▶ **PROBLEM**
The lines to copy are those holding the string "over" in the entries below.
[[ DATA TO USE, beginning ]]
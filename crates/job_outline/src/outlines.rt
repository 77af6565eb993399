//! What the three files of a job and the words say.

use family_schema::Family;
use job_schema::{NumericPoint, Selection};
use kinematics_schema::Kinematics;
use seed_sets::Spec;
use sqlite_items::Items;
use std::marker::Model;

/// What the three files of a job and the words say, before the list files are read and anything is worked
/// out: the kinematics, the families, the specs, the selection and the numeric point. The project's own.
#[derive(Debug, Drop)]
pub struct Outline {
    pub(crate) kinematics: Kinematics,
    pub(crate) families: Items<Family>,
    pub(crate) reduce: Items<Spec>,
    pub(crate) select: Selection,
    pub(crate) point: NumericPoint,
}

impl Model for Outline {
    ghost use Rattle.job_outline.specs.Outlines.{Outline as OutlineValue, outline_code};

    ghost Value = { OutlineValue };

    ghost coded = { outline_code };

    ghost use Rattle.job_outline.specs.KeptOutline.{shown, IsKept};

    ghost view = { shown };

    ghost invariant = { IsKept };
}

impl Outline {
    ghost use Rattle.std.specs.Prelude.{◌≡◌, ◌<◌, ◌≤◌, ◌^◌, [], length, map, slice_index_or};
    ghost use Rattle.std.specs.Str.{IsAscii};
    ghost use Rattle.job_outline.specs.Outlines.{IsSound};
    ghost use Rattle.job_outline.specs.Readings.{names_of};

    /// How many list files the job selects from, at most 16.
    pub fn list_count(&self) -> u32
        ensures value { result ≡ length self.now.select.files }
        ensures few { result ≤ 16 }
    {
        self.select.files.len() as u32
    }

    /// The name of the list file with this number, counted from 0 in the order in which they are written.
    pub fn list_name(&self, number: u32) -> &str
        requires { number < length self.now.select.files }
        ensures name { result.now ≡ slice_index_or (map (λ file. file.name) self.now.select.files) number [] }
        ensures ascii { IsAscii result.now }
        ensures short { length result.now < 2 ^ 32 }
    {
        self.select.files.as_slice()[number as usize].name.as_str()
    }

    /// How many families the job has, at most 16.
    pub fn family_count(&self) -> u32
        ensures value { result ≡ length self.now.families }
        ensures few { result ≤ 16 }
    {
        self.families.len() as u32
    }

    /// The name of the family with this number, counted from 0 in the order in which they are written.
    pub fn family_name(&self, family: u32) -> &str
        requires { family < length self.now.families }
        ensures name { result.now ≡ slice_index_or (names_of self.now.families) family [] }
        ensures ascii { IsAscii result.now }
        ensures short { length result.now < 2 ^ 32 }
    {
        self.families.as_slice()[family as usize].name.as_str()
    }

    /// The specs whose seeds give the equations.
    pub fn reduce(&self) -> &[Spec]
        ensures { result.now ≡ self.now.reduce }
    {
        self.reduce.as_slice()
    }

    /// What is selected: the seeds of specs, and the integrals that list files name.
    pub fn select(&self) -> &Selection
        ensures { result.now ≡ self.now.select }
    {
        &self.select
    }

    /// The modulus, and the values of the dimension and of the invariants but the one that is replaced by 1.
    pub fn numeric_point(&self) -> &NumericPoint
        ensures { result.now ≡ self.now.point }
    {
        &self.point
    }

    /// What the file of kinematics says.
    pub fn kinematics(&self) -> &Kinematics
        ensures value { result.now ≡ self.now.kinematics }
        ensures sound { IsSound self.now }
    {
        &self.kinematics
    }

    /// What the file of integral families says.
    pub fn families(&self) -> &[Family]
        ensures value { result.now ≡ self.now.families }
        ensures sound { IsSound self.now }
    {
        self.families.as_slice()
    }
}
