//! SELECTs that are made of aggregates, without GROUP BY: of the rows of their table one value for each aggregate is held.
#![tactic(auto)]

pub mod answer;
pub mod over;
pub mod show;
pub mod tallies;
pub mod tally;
[[ DATA TO USE, end ]]
[[ DATA TO USE, beginning ]]
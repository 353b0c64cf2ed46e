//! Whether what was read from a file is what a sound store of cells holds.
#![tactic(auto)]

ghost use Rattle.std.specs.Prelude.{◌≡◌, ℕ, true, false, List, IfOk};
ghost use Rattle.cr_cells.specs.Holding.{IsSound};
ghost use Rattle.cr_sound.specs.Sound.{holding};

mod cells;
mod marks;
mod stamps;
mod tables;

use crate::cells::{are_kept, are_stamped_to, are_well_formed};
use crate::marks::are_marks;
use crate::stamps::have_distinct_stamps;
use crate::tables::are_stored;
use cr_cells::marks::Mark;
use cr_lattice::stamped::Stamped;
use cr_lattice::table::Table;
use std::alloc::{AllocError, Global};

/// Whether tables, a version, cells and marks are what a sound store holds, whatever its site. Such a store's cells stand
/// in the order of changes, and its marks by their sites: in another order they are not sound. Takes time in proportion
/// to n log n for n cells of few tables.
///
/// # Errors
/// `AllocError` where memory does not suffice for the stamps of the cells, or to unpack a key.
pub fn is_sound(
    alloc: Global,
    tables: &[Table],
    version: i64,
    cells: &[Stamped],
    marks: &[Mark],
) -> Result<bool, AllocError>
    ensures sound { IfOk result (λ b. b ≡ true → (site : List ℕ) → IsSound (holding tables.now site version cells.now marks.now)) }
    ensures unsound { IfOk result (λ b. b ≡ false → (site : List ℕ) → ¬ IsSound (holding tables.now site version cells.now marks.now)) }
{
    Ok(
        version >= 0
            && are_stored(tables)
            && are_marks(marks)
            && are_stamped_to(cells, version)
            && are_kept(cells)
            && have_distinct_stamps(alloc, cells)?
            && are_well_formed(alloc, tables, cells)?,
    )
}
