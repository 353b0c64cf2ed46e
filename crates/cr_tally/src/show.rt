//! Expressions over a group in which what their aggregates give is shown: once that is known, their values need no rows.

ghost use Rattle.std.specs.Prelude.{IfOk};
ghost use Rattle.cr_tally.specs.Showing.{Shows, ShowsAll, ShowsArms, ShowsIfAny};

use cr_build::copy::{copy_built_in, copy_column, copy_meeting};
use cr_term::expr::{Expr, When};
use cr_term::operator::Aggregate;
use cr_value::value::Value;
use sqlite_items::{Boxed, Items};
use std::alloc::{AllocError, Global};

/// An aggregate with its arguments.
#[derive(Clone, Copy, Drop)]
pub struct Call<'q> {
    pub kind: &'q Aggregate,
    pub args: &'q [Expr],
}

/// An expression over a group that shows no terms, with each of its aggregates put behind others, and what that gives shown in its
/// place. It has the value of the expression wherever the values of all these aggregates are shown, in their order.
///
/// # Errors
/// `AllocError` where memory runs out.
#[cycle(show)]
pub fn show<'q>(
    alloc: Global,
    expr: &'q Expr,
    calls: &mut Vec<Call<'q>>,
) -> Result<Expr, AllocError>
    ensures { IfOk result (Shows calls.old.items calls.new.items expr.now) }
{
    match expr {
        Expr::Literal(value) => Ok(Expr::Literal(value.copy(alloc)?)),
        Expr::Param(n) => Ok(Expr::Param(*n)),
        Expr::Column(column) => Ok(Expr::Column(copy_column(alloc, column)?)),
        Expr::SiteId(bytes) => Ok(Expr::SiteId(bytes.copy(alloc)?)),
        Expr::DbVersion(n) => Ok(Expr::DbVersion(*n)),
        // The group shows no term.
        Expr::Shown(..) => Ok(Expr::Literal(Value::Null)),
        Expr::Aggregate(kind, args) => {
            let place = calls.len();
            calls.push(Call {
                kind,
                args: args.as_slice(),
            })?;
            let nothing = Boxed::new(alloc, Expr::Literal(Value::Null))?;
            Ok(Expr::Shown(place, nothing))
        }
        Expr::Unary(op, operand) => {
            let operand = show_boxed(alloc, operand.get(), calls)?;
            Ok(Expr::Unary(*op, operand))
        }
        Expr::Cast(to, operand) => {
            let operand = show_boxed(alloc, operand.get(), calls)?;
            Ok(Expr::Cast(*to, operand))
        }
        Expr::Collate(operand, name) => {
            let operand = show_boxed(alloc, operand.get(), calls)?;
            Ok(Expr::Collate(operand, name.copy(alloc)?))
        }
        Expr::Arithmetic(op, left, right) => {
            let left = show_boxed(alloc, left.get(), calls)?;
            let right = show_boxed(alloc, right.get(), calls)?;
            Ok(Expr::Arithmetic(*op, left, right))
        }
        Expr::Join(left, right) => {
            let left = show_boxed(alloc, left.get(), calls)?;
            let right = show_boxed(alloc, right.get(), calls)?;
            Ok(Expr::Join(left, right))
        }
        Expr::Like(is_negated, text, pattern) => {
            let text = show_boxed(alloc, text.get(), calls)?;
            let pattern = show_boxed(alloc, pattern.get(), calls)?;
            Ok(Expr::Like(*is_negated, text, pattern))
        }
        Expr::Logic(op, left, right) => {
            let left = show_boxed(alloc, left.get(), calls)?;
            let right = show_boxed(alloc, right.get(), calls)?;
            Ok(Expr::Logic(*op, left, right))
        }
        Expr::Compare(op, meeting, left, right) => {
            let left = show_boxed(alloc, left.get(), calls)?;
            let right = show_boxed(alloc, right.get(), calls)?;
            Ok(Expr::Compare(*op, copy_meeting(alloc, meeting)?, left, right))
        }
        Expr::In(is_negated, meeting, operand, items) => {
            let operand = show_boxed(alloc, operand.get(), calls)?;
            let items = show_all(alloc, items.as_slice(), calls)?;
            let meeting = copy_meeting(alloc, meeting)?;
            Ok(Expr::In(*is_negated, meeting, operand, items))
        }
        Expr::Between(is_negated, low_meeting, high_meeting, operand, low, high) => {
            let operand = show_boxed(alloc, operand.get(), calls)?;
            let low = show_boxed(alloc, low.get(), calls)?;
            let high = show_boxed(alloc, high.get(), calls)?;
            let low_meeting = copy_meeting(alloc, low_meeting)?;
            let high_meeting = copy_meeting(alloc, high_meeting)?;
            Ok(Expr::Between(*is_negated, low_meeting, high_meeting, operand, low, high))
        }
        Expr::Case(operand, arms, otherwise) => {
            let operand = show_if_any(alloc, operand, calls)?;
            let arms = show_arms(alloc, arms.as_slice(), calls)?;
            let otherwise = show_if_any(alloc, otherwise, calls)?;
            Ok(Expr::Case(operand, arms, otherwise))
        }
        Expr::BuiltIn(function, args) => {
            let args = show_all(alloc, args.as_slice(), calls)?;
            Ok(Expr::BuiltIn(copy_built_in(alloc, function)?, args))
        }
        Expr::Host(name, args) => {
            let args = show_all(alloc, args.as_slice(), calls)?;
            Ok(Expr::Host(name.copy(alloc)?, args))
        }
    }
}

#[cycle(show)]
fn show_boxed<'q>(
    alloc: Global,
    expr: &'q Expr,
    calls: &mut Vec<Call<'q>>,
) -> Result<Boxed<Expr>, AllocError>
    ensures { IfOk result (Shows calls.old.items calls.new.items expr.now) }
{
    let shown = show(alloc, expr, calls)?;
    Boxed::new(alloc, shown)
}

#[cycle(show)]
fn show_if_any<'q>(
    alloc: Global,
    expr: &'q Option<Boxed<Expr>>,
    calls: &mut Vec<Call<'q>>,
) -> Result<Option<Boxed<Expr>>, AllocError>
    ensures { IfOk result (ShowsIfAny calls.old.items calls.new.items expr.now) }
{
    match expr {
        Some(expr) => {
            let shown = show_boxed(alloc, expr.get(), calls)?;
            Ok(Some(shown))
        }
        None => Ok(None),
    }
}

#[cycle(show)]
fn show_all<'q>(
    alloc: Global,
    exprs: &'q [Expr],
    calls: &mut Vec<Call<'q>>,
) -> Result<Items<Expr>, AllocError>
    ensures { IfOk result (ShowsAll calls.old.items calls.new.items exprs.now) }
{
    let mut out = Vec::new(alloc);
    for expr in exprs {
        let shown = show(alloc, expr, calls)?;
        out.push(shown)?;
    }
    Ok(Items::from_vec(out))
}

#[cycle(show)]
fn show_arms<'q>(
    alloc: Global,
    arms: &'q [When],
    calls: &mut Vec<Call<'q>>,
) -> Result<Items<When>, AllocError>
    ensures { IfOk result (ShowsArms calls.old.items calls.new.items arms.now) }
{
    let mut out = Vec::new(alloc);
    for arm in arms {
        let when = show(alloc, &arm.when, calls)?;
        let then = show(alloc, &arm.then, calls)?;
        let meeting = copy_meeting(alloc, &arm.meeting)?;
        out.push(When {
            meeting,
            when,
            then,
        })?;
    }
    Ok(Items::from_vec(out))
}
[[ DATA TO USE, end ]]
[[ DATA TO USE, beginning ]]
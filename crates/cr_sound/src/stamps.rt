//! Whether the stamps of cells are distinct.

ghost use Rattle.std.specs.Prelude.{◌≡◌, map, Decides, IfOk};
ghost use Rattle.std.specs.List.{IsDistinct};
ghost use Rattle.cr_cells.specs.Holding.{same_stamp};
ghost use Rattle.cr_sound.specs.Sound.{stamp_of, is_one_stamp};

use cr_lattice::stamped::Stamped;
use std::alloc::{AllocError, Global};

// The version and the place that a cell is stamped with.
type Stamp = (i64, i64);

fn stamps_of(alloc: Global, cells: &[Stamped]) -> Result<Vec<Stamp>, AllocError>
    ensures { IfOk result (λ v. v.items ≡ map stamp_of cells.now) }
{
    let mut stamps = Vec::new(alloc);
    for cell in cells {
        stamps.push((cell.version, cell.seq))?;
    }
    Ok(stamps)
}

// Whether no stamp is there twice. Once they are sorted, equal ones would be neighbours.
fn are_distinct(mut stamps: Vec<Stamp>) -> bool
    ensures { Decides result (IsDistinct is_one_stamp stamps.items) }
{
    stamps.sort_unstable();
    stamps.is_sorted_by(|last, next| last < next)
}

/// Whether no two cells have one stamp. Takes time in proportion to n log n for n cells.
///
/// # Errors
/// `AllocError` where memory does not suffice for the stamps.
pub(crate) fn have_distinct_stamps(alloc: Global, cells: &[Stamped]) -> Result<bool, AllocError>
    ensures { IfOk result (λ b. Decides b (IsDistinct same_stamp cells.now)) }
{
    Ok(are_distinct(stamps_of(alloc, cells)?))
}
[[ DATA TO USE, end ]]
▶ **ANSWER BELOW**
pub mod over;
//! Expressions over a group in which what their aggregates give is shown: once that is known, their values need no rows.
/// An expression over a group that shows no terms, with each of its aggregates put behind others, and what that gives shown in its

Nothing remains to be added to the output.